- **Description of the task**
Beginning at the line that contains "let bucket = row.bucket;", return every remaining line of the data below exactly; return nothing before it.

Dataset records
/---

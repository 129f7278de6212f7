//! Laws of rows; no function here does anything.

ghost use Rattle.std.specs.Prelude.{◌≡◌, ℕ, List, Some, None, true, false, if◌then◌else◌};
ghost use Rattle.std.specs.Str.{bytes_eq};
ghost use Rattle.documents.specs.Fields.{Contents};
ghost use Rattle.document_rows.specs.Rows.{Rows, has_row, document_of, replaced, without, put_free};

/// What a change of rows leaves.
pub fn rows_keep()
    ensures replaced { (d : Contents) (q : List ℕ) (rows : Rows) → has_row d.id rows ≡ true
        → document_of q (replaced d rows) ≡ (if bytes_eq d.id q then Some d else document_of q rows) }
    ensures put { (d : Contents) (q : List ℕ) (rows : Rows) → has_row d.id rows ≡ false
        → document_of q (put_free d rows) ≡ (if bytes_eq d.id q then Some d else document_of q rows) }
    ensures cleared { (id q : List ℕ) (rows : Rows)
        → document_of q (without id rows) ≡ (if bytes_eq id q then None else document_of q rows) }
{}
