ghost use Rattle.std.specs.Prelude.{◌≡◌, ◌⊎◌, ◌<◌, ◌≤◌, ◌^◌, ◌+◌, if◌then◌else◌, ℕ, Some, None, length, slice_get, is_some, IsSome, OnOk, OnErr};
ghost use Rattle.std.specs.Ordering.{nat_cmp};
ghost use Rattle.std.specs.BTreeMap.{Updates, IsUnchanged, get};
ghost use Rattle.bucket_ids.specs.Printed.{number_of as number_in};
ghost use Rattle.bucket_db.specs.declared.row.Row.{Row as OneRow};
ghost use Rattle.distributor_part.specs.Parts.{rows_of};
ghost use Rattle.pass_machine.specs.Notes.{note_for, whole_in};
ghost use Rattle.pass_machine.specs.Turns.{View, Sees, is_due, beginning, settle_turn, by_row, end_settling, round_or, begin_joins, splitting, turn_at, is_to_be_active, answered_row, decided_row, answered, decided, accepted, rounded};
ghost use Rattle.pass_machine.specs.declared.doing.Time.TheVariants.{First};
ghost use Rattle.pass_machine.specs.declared.doing.Doing.TheVariants.{ResentDelete, ResendingDelete};
ghost use Rattle.pass_machine.specs.Allowed.{IsAllowed};
ghost use Rattle.pass_machine.specs.Going.{GoesOver, IsRowTold, IsRowDecided, IsTellingRow, IsDecided, IsAccepted, IsRounded, Awaits, made_in, Makes, IsSplit, join_makes, split_makes, rows_made, Forgets, AreLeft, steps_left, left};
ghost use Rattle.pass_machine.specs.declared.doing.Turn.TheVariants.{Says};

use crate::doing::{Doing, Settle, Time, Turn, UpkeepStep};
use crate::notes::{Notes, RowNote};
use crate::places::{is_full, next_place};
use crate::skips::skipped;
use crate::{asked, joins, resends, settling};
use bucket_db::Row;
use bucket_db::row::number_of;
use bucket_ids::Bucket;
use cluster_states::ClusterState;
use distributor_part::{DistributorPart, Rules};
use messages::Decision;
use std::alloc::Global;
use std::collections::BTreeMap;
use value_lists::NoMemory;

/// A pass of upkeep under way.
#[derive(Drop)]
pub struct UpkeepPass {
    pub doing: Doing,
    /// The rows that joins made the second time, by bucket number.
    pub made: BTreeMap<u64, ()>,
    pub notes: Notes,
}

/// Whether a row is settled this time: the second time just those are that joins made.
fn is_due(made: &BTreeMap<u64, ()>, time: Time, bucket: Bucket) -> bool
    ensures { result ≡ is_due made.now time bucket }
{
    match time {
        Time::First => true,
        Time::Again => made.contains_key(&number_of(bucket)),
    }
}

/// The first step of a row, or the next row.
fn beginning(made: &BTreeMap<u64, ()>, time: Time, at: usize, bucket: Bucket) -> Doing
    requires { at < 2 ^ 63 }
    ensures { result ≡ beginning made.now time at bucket }
{
    if is_due(made, time, bucket) {
        let next = Settle::Aligning {
            node: 0,
            any: false,
        };
        return Doing::Settling { time, at, next };
    }
    Doing::Settling {
        time,
        at: at + 1,
        next: Settle::Beginning,
    }
}

/// What comes next for a row that is settled.
fn settle_turn(
    part: &DistributorPart,
    state: &ClusterState,
    rules: Rules,
    made: &BTreeMap<u64, ()>,
    time: Time,
    at: usize,
    row: &Row,
    note: &RowNote,
    next: Settle,
) -> Turn
    requires heard { part.now.state ≡ Some state.now }
    requires rules { rules ≡ part.now.rules }
    requires place { at < length (rows_of part.now.rows) }
    requires row { slice_get (rows_of part.now.rows) at ≡ Some row.now }
    requires fits { at < 2 ^ 63 }
    ensures { (v : View) → Sees part.now v → result ≡ settle_turn v made.now time at row.now note.now next }
{
    let serving = state.serving();
    let bucket = row.bucket;
    match next {
        Settle::Beginning => Turn::Over(beginning(made, time, at, bucket)),
        Settle::Aligning { node, any } => {
            settling::aligning(time, at, bucket, note, serving.has(node), node, any)
        }
        Settle::AlignRound => Turn::Says(UpkeepStep::Round { at }),
        Settle::Readying { node, ready } => {
            let asked = asked::is_asked(part, state, at, node);
            settling::readying(time, at, bucket, asked, node, ready)
        }
        Settle::Deciding { ready } => {
            let to_be = asked::to_be_active(part, state, at);
            settling::deciding(time, at, row, to_be, ready)
        }
        Settle::Activating => settling::activating(time, at, row, serving),
        Settle::Accepting { answered } => settling::accepting(time, at, answered),
        Settle::Deleting { node } => {
            let serial = asked::serial_at(part, state, at, row, note, rules.acks, node);
            settling::deleting(time, at, bucket, serial, node)
        }
        Settle::DeleteTold { node } => settling::delete_told(time, at, row, serving, node),
        Settle::DeleteOver { node } => settling::delete_over(time, at, row, node),
    }
}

\---

- **Response for this exercise**
    let bucket = row.bucket;
    match next {
        Settle::Beginning => Turn::Over(beginning(made, time, at, bucket)),
        Settle::Aligning { node, any } => {
            settling::aligning(time, at, bucket, note, serving.has(node), node, any)
        }
        Settle::AlignRound => Turn::Says(UpkeepStep::Round { at }),
        Settle::Readying { node, ready } => {
            let asked = asked::is_asked(part, state, at, node);
            settling::readying(time, at, bucket, asked, node, ready)
        }
        Settle::Deciding { ready } => {
            let to_be = asked::to_be_active(part, state, at);
            settling::deciding(time, at, row, to_be, ready)
        }
        Settle::Activating => settling::activating(time, at, row, serving),
        Settle::Accepting { answered } => settling::accepting(time, at, answered),
        Settle::Deleting { node } => {
            let serial = asked::serial_at(part, state, at, row, note, rules.acks, node);
            settling::deleting(time, at, bucket, serial, node)
        }
        Settle::DeleteTold { node } => settling::delete_told(time, at, row, serving, node),
        Settle::DeleteOver { node } => settling::delete_over(time, at, row, node),
    }
}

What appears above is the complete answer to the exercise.